[Dataset entries]
-- Opening Marker --

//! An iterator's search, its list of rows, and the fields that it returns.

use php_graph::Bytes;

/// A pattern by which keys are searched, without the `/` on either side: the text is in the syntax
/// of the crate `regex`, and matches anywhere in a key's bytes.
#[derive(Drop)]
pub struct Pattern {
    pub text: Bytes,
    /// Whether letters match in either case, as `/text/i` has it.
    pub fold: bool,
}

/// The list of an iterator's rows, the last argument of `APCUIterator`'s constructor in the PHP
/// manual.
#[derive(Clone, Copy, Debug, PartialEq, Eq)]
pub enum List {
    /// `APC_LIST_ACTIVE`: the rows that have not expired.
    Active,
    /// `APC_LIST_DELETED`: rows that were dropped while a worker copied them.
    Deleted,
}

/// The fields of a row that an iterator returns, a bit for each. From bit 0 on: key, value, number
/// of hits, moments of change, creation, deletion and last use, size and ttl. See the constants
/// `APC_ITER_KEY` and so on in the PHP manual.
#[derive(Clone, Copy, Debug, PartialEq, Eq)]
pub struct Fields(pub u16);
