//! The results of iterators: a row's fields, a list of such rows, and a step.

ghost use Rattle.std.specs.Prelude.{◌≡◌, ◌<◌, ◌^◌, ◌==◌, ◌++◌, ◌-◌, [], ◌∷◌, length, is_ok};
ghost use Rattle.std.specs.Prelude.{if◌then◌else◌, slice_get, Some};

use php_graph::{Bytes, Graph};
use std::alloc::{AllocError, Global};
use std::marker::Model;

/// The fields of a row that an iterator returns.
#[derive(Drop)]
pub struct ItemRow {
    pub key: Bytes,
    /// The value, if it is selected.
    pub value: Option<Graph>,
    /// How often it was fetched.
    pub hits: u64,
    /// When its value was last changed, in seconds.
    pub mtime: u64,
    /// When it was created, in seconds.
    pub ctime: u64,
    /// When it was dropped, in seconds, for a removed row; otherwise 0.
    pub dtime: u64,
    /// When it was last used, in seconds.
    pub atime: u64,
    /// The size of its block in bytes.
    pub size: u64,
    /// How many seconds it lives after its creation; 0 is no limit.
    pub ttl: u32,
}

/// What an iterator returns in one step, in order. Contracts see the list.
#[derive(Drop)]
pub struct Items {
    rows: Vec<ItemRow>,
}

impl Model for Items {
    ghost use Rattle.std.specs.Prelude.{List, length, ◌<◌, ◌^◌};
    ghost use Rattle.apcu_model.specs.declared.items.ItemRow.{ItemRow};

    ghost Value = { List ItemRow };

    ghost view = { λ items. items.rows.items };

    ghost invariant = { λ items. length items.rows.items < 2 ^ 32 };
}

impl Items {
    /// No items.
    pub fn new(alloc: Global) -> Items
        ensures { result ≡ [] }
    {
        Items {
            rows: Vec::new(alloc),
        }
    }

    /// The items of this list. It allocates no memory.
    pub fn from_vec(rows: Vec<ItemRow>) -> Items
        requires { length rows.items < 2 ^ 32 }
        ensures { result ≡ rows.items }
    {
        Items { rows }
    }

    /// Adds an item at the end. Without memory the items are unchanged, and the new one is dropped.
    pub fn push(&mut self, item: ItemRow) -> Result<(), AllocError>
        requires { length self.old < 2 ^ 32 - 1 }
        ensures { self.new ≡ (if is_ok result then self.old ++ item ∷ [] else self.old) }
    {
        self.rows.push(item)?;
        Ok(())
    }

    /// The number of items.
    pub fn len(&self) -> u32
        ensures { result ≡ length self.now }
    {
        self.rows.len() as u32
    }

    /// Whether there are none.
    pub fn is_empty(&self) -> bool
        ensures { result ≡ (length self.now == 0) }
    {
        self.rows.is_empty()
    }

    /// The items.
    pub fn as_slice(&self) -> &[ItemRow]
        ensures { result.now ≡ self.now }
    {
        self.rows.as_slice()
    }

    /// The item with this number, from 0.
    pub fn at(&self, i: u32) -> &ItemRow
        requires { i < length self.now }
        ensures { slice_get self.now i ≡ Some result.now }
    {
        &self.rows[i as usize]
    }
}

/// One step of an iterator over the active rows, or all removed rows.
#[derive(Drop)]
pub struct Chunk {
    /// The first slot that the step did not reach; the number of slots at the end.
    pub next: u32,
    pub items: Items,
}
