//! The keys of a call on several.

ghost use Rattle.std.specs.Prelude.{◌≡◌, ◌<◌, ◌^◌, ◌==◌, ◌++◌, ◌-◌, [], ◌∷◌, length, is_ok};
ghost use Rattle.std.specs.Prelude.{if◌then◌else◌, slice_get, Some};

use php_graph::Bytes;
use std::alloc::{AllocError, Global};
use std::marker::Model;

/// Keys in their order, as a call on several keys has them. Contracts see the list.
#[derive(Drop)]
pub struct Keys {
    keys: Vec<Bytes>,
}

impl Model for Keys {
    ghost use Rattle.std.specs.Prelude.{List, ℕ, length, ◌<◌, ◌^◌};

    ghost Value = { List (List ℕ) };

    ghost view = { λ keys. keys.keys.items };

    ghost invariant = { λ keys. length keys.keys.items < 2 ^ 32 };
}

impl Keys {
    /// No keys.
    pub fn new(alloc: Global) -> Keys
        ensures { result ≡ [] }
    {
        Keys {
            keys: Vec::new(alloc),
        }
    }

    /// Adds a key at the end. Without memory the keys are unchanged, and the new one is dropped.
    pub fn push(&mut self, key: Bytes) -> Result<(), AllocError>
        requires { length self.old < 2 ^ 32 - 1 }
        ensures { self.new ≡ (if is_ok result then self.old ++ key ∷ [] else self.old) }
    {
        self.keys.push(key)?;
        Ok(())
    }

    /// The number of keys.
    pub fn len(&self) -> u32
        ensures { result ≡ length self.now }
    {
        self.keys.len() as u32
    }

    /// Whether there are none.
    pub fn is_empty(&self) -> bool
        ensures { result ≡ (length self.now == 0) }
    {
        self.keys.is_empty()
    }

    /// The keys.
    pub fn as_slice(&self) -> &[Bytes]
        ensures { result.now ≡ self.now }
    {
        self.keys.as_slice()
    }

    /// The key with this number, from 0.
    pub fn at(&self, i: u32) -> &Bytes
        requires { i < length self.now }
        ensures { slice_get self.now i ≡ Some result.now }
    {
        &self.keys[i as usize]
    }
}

-- Closing Marker --

Activity: Wherever the string "dropped" appears in the data above, report the whole line.

Response for this exercise:
    /// `APC_LIST_DELETED`: rows that were dropped while a worker copied them.
    /// When it was dropped, in seconds, for a removed row; otherwise 0.
    /// Adds an item at the end. Without memory the items are unchanged, and the new one is dropped.
    /// Adds a key at the end. Without memory the keys are unchanged, and the new one is dropped.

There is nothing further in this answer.